本連載は、2016年4月30日刊行の書籍『不老「腸」寿』から抜粋したものです。記載内容は予防医学の観点からの見解、研究の報告であり、治療法などの効能効果や安全性を保証するものではございません。

株式会社光英科学研究所 代表取締役

昭和15年山口県山口市生まれ。昭和34年に電子工学系専門学校を卒業後、義報社に入社。同社の大谷光瑞農芸化学研究所にて、乳酸菌生産物質の生みの親である正垣一義氏に師事し、乳酸菌の培養技術を学ぶ。昭和44年、光英科学研究所を設立。
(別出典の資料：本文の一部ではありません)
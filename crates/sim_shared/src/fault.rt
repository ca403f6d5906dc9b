//! What is refused.

/// The attempt at the front of the queue, once the request joined it, would preempt the process that asks.
#[derive(Clone, Copy, Debug)]
pub struct OwnVictim;

/// The amount that is put into a container, or got from it, is not above 0.
#[derive(Clone, Copy, Debug)]
pub struct NotPositive;
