//! Time, what happens in it, and the resources.
ghost use Rattle.std.specs.Prelude.{◌≡◌, ◌↔◌, ◌≤◌, ◌<◌, ◌+◌, ◌*◌, ◌^◌, [], ◌∷◌, length, min, slice_get, Some, None, IfOk, IsOk, IsTrue, OnOk};
ghost use Rattle.std.specs.List.{AllPass};
ghost use Rattle.sim_types.specs.Setups.{resource_fits};
ghost use Rattle.sim_machine.specs.State.{Facilities};
ghost use Rattle.sim_machine.specs.Measures.{measure_at};
ghost use Rattle.sim_machine.specs.Requests as requests;
ghost use Rattle.sim_happen_model.specs.HappenOf.{held};
ghost use Rattle.sim_shared_model.specs.AnyShared.{SharedResource};
ghost use Rattle.sim_shared_model.specs.Measuring.{measure_of};
ghost use Rattle.sim_shared_model.specs.Resources.{count_at};
ghost use Rattle.sim_shared_model.specs.SharedOf.{IsSameButRoom};
ghost use Rattle.sim_shared_model.specs.ShowsAll.{ShowsAll};
ghost use Rattle.sim_shared.specs.Opening.{first_facilities};

use crate::opening::open_all;
use crate::resource::{SharedResource, count, measure, reserve};
use sim_happen::Happen;
use sim_types::{List, Measure, Resource};
use std::alloc::{AllocError, Global};
use std::marker::Model;
use std::snapshot::Snapshot;

/// How many events one unit may make at most.
const EVENTS: u32 = 40;

/// How many callbacks one unit may register at most.
const CALLBACKS: u32 = 64;

/// For the events of how many processes that run from the start room is made at once, at most.
const STARTS: usize = 1_000_000;

/// Time and what happens in it, with the resources that processes share, named by their places in the scenario.
///
/// What contracts say of a call is what the machine does to any facilities that were shown before it. Facilities are
/// shown where their calendar is, and the queues, users, levels and items of the resources are theirs.
#[derive(Drop)]
pub struct Shared {
    pub(crate) happen: Happen,
    pub(crate) resources: Vec<SharedResource>,
    // The resource whose place was taken since room was made.
    pub(crate) used: Option<u32>,
    // What the resources were opened with.
    setup: Snapshot<List<Resource>>,
}

impl Model for Shared {
    ghost use Rattle.sim_shared_model.specs.SharedOf.{SharedOf};
    ghost use Rattle.sim_shared_model.specs.Places.{IsSoundShared};

    ghost Value = { SharedOf };

    ghost view = { λ a. record {
      happen = a.happen;
      resources = a.resources.items;
      setup = a.setup.value;
      used = a.used;
    } };

    ghost invariant = { λ a. IsSoundShared a.used a.resources.items a.setup.value };
}

impl Shared {
    ghost use Rattle.std.specs.Borrow.{sem};
    ghost use Rattle.sim_shared.specs.Lending.{LendsHappen};

    /// Time 0, at which nothing is scheduled, and all of these resources as they open. Each has room for one to wait.
    pub fn new(alloc: Global, resources: &List<Resource>) -> Result<Shared, AllocError>
        requires fit { AllPass resource_fits resources.now }
        requires few { length resources.now < 2 ^ 32 }
        ensures shows { IfOk result (λ h. ShowsAll h first_facilities) }
        ensures held { IfOk result (λ h. held h.happen ≡ Some 1 ∷ []) }
        ensures left { IfOk result (λ h. h.happen.left ≡ []) }
        ensures setup { IfOk result (λ h. h.setup ≡ resources.now) }
        ensures places { IfOk result (λ h. h.used ≡ None) }
    {
        let opened = open_all(alloc, resources.as_slice())?;
        Ok(Shared {
            happen: Happen::new(alloc)?,
            resources: opened,
            used: None,
            setup: Snapshot::of(resources),
        })
    }

    /// Time and what happens in it, for reading.
    pub fn happen(&self) -> &Happen
        ensures { result.now ≡ self.now.happen }
    {
        &self.happen
    }

    /// Time and what happens in it, to be changed.
    pub fn happen_mut(&mut self) -> &mut Happen
        ensures* lends { sem 𝓛 (LendsHappen self.entry result) }
        ensures value { result.now ≡ self.old.happen }
    {
        &mut self.happen
    }

    // Makes room for one more to wait at the resource that was used, if one was.
    fn reserve_place(&mut self) -> Result<(), AllocError>
        ensures place { OnOk result (self.new.used ≡ None) }
        ensures ready { self.old.used ≡ None → IsOk result }
        ensures happen { self.new.happen ≡ self.old.happen }
        ensures rest { IsSameButRoom self.old self.new }
    {
        if let Some(used) = self.used {
            reserve(&mut self.resources[used as usize])?;
            self.used = None;
        }
        Ok(())
    }

    /// Whether there is room for all that one unit may take, as `reserve` makes it.
    pub fn is_ready(&self) -> bool
        ensures { IsTrue result ↔ ((self.now.used ≡ None)
            × (40 ≤ self.now.happen.spare.events)
            × (64 ≤ self.now.happen.spare.callbacks)
            × (40 ≤ self.now.happen.spare.conditions)) }
    {
        self.used.is_none() && self.happen.has_room(EVENTS, CALLBACKS)
    }

    /// Makes room for all that one unit may take: 40 events, each of which may be a condition, 64 callbacks, and a
    /// place to wait at each resource.
    #[inline(always)]
    pub fn reserve(&mut self) -> Result<(), AllocError>
        ensures events { OnOk result (40 ≤ self.new.happen.spare.events) }
        ensures callbacks { OnOk result (64 ≤ self.new.happen.spare.callbacks) }
        ensures conditions { OnOk result (40 ≤ self.new.happen.spare.conditions) }
        ensures places { OnOk result (self.new.used ≡ None) }
        ensures ready { 40 ≤ self.old.happen.spare.events
            → 64 ≤ self.old.happen.spare.callbacks
            → 40 ≤ self.old.happen.spare.conditions
            → self.old.used ≡ None
            → IsOk result }
        ensures never_less_events { self.old.happen.spare.events ≤ self.new.happen.spare.events }
        ensures never_less_callbacks { self.old.happen.spare.callbacks
            ≤ self.new.happen.spare.callbacks }
        ensures never_less_conditions { self.old.happen.spare.conditions
            ≤ self.new.happen.spare.conditions }
        ensures rest { IsSameButRoom self.old self.new }
    {
        self.reserve_place()?;
        if self.happen.has_room(EVENTS, CALLBACKS) {
            return Ok(());
        }
        self.happen.reserve(EVENTS, CALLBACKS)
    }

    /// Makes room at once for the events of so many processes that run from the start, of whom each has two and one
    /// callback, for what stops the run, and for the first unit. Of very many, the others find room as they are made.
    pub fn reserve_starts(&mut self, starts: usize) -> Result<(), AllocError>
        ensures events { OnOk result
            (2 * min starts (10 ^ 6) + 42 ≤ self.new.happen.spare.events) }
        ensures callbacks { OnOk result
            (min starts (10 ^ 6) + 65 ≤ self.new.happen.spare.callbacks) }
        ensures rest { self.new
            ≡ record self.old
            { happen = record self.old.happen { spare = self.new.happen.spare } } }
    {
        let made = starts.min(STARTS) as u32 + 1;
        self.happen
            .reserve_plain(2 * made + EVENTS, made + CALLBACKS)
    }

    /// How much is in use at a resource, or stands in it: users, level or number of items.
    pub fn count(&self, res: u32) -> i64
        requires res { res < length self.now.setup }
        ensures value { (x : SharedResource) →
            slice_get self.now.resources res ≡ Some x → result ≡ count_at x }
        ensures shown { (f : Facilities) → ShowsAll self.now f →
            result ≡ requests.held self.now.setup res f }
    {
        count(&self.resources[res as usize])
    }

    /// What is measured at a resource now: how many requests or puts wait, how many gets, and how much is in use of it, or
    /// stands in it.
    pub fn measure(&self, res: u32) -> Measure
        requires res { res < length self.now.setup }
        ensures value { (x : SharedResource) →
            slice_get self.now.resources res ≡ Some x → result ≡ measure_of x }
        ensures shown { (f : Facilities) → ShowsAll self.now f →
            result ≡ measure_at self.now.setup res f }
    {
        measure(&self.resources[res as usize])
    }
}
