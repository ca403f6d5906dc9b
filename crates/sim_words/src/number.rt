//! Numbers as words.
ghost use Rattle.std.specs.Prelude.{◌≡◌, ◌≤◌};
ghost use Rattle.sim_language.specs.Numbers.{decimal_within, literal, literal_within, looks_numeric, number, signed};

/// The number that the word writes, an optional `-` and 1 to 19 digits, where it lies from `low` to `high`.
pub fn literal_within(low: i64, high: i64, word: &[u8]) -> Option<i64>
    ensures { result ≡ literal_within low high word.now }
{
    let value = signed(word)?;
    if i128::from(low) <= value && value <= i128::from(high) {
        Some(value as i64)
    } else {
        None
    }
}

/// The same, where it lies within 64 bits.
pub fn literal(word: &[u8]) -> Option<i64>
    ensures { result ≡ literal word.now }
{
    literal_within(i64::MIN, i64::MAX, word)
}

/// Whether the word begins as a number does: with a digit or `-`.
pub fn looks_numeric(word: &[u8]) -> bool
    ensures { result ≡ looks_numeric word.now }
{
    match word {
        [first, ..] => *first == b'-' || first.is_ascii_digit(),
        [] => false,
    }
}

/// The number that the word writes, 1 to 8 digits, where it lies from `low` to `high`.
pub fn decimal_within(low: u64, high: u64, word: &[u8]) -> Option<u64>
    ensures { result ≡ decimal_within low high word.now }
{
    number(8, word).filter(|n| low <= *n && *n <= high)
}

/// The number with its sign, if the word is one.
fn signed(word: &[u8]) -> Option<i128>
    ensures { result ≡ signed word.now }
{
    match word {
        [b'-', digits @ ..] => number(19, digits).map(|n| -i128::from(n)),
        _ => number(19, word).map(|n| i128::from(n)),
    }
}

/// The number that at most so many digits write, if the word is one.
fn number(most: usize, word: &[u8]) -> Option<u64>
    requires { most ≤ 19 }
    ensures { result ≡ number most word.now }
{
    if word.is_empty() || word.len() > most {
        return None;
    }
    let mut value: u64 = 0;
    for byte in word {
        if !byte.is_ascii_digit() {
            return None;
        }
        value = value * 10 + u64::from(byte - b'0');
    }
    Some(value)
}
以降、約50年にわたり「乳酸菌生産物質で、世界人類の健康増進に貢献する」という理念のもと独自の研究開発を行い、現在も多くの人の健康長寿に貢献し続けている。

著者紹介

連載巷にはびこる「間違いだらけの整腸法」

不老「腸」寿

不老「腸」寿

村田 公英

幻冬舎メディアコンサルティング

本書では、約50年の長きにわたり乳酸菌の研究を行ってきた著者が、本当に効果のある腸内改善のノウハウについて解説していきます。「乳酸菌生産物質」を活用した腸内改善を行えば、100歳まで健康に長生きすることが可能になる…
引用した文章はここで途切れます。